> [Work order]:
Everything in the data below is left aside except the lines from the one containing "DoesStep (item_of (line_of" through the one containing "session.old.second session.new.second result"; repeat those exactly.

> [The data]:
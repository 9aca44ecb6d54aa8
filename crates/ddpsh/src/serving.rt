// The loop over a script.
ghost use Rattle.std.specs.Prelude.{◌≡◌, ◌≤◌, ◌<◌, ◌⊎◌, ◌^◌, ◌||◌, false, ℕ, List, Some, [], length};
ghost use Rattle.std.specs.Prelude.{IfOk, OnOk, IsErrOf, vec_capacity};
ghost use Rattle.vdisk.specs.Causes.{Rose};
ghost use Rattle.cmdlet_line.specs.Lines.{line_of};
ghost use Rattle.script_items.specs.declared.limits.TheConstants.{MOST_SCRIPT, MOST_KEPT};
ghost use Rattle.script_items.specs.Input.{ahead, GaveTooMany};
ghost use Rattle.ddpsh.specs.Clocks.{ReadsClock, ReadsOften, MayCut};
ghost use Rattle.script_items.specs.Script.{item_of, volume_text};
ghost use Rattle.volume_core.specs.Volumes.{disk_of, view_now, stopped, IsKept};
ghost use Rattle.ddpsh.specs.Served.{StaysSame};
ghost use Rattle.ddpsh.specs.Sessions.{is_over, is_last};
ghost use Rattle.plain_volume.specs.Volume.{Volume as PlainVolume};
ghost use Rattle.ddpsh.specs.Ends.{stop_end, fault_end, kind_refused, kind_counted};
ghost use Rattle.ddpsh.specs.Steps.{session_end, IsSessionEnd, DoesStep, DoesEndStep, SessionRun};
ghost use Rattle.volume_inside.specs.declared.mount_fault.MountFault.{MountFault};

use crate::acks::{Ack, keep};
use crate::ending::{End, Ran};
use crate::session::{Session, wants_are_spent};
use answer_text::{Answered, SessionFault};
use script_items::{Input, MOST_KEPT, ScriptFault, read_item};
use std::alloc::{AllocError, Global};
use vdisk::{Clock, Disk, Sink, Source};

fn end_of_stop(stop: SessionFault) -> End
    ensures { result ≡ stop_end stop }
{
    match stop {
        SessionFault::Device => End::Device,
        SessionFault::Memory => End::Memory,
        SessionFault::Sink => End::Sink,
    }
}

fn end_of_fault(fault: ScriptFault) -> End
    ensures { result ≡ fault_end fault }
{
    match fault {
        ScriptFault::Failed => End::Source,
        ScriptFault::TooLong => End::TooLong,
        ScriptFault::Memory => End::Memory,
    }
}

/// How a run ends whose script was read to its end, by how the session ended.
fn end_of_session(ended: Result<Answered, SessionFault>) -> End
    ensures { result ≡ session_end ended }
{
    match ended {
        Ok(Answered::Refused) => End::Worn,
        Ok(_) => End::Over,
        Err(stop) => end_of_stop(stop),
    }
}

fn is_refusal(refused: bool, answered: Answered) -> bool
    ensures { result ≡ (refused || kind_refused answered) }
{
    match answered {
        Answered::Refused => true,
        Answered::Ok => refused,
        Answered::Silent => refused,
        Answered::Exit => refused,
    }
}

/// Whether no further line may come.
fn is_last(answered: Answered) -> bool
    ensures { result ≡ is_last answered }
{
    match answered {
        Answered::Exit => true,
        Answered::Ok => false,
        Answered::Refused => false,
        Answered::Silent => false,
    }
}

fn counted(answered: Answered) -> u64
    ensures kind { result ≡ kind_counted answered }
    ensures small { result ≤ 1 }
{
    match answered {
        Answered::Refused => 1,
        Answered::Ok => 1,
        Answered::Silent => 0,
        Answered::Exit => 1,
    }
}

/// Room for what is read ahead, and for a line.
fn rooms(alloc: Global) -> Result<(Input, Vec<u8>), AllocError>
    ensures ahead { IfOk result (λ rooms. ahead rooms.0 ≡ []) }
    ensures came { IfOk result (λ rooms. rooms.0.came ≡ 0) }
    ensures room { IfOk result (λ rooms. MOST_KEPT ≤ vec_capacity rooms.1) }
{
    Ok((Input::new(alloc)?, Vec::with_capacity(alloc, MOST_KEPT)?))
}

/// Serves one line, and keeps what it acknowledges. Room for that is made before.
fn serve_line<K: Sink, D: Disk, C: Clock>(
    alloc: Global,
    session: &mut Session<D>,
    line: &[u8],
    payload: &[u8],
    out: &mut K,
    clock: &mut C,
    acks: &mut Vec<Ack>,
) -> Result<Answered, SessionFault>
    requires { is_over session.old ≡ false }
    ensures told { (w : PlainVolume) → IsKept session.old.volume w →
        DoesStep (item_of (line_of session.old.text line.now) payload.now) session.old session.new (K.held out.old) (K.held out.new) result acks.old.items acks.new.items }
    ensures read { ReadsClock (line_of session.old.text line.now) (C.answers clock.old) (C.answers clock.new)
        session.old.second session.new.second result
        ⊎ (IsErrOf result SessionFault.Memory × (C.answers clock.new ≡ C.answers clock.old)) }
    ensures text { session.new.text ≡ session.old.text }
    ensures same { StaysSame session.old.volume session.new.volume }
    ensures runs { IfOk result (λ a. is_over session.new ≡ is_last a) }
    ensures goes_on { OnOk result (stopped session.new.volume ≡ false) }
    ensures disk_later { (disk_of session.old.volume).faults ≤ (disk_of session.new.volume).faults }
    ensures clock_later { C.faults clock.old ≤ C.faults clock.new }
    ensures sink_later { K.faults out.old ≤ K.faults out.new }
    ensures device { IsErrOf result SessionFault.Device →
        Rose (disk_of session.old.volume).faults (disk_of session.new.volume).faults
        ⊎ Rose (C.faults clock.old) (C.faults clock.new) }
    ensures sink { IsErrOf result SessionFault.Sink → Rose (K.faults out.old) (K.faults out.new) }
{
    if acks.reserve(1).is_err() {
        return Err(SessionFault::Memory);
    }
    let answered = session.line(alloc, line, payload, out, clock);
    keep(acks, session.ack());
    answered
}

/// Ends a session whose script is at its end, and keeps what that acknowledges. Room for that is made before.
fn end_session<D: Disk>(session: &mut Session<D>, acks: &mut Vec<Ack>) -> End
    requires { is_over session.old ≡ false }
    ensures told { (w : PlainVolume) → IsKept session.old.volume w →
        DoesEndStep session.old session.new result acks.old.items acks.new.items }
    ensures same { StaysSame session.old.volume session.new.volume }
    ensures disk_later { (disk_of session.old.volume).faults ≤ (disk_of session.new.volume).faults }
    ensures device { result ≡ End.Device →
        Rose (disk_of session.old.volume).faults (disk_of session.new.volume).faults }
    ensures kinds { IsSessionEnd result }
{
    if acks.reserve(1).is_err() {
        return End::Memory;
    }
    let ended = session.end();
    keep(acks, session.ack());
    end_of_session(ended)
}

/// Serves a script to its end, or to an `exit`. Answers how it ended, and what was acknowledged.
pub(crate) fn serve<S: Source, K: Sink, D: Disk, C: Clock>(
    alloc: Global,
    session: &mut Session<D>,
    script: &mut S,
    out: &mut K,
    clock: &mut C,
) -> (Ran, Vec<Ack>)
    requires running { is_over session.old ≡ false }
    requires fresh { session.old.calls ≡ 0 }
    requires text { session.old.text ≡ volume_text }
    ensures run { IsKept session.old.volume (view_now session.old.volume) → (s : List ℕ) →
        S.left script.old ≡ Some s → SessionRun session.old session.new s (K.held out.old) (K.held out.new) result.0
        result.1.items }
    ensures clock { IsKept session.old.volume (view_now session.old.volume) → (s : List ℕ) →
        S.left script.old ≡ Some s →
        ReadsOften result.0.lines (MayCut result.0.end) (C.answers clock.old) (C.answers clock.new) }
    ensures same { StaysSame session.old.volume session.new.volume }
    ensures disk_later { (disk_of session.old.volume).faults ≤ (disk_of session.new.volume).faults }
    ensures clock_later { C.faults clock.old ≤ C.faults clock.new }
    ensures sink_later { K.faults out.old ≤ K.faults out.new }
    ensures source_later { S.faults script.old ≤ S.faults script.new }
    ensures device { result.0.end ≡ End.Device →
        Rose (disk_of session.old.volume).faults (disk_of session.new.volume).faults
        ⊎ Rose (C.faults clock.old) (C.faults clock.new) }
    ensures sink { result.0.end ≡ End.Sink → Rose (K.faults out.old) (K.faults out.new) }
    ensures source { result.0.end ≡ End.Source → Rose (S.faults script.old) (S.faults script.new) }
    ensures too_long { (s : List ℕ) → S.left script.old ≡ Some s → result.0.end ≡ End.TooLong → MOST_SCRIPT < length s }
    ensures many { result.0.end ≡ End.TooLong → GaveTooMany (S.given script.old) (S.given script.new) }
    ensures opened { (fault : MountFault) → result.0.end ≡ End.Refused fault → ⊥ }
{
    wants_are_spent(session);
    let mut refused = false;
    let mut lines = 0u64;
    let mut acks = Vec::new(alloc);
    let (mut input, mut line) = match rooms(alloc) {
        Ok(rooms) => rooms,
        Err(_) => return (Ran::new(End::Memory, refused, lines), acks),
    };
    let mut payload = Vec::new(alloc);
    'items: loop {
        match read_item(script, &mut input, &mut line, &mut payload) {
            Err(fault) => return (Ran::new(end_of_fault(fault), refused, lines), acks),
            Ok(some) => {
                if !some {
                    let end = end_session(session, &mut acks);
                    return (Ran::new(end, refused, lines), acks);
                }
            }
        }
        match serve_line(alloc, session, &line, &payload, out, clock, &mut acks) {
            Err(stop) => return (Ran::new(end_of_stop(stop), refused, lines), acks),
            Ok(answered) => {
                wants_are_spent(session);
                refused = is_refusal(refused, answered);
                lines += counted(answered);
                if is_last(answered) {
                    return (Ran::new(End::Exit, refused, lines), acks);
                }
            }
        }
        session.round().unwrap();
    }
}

> [Solution for this task]:
        DoesStep (item_of (line_of session.old.text line.now) payload.now) session.old session.new (K.held out.old) (K.held out.new) result acks.old.items acks.new.items }
    ensures read { ReadsClock (line_of session.old.text line.now) (C.answers clock.old) (C.answers clock.new)
        session.old.second session.new.second result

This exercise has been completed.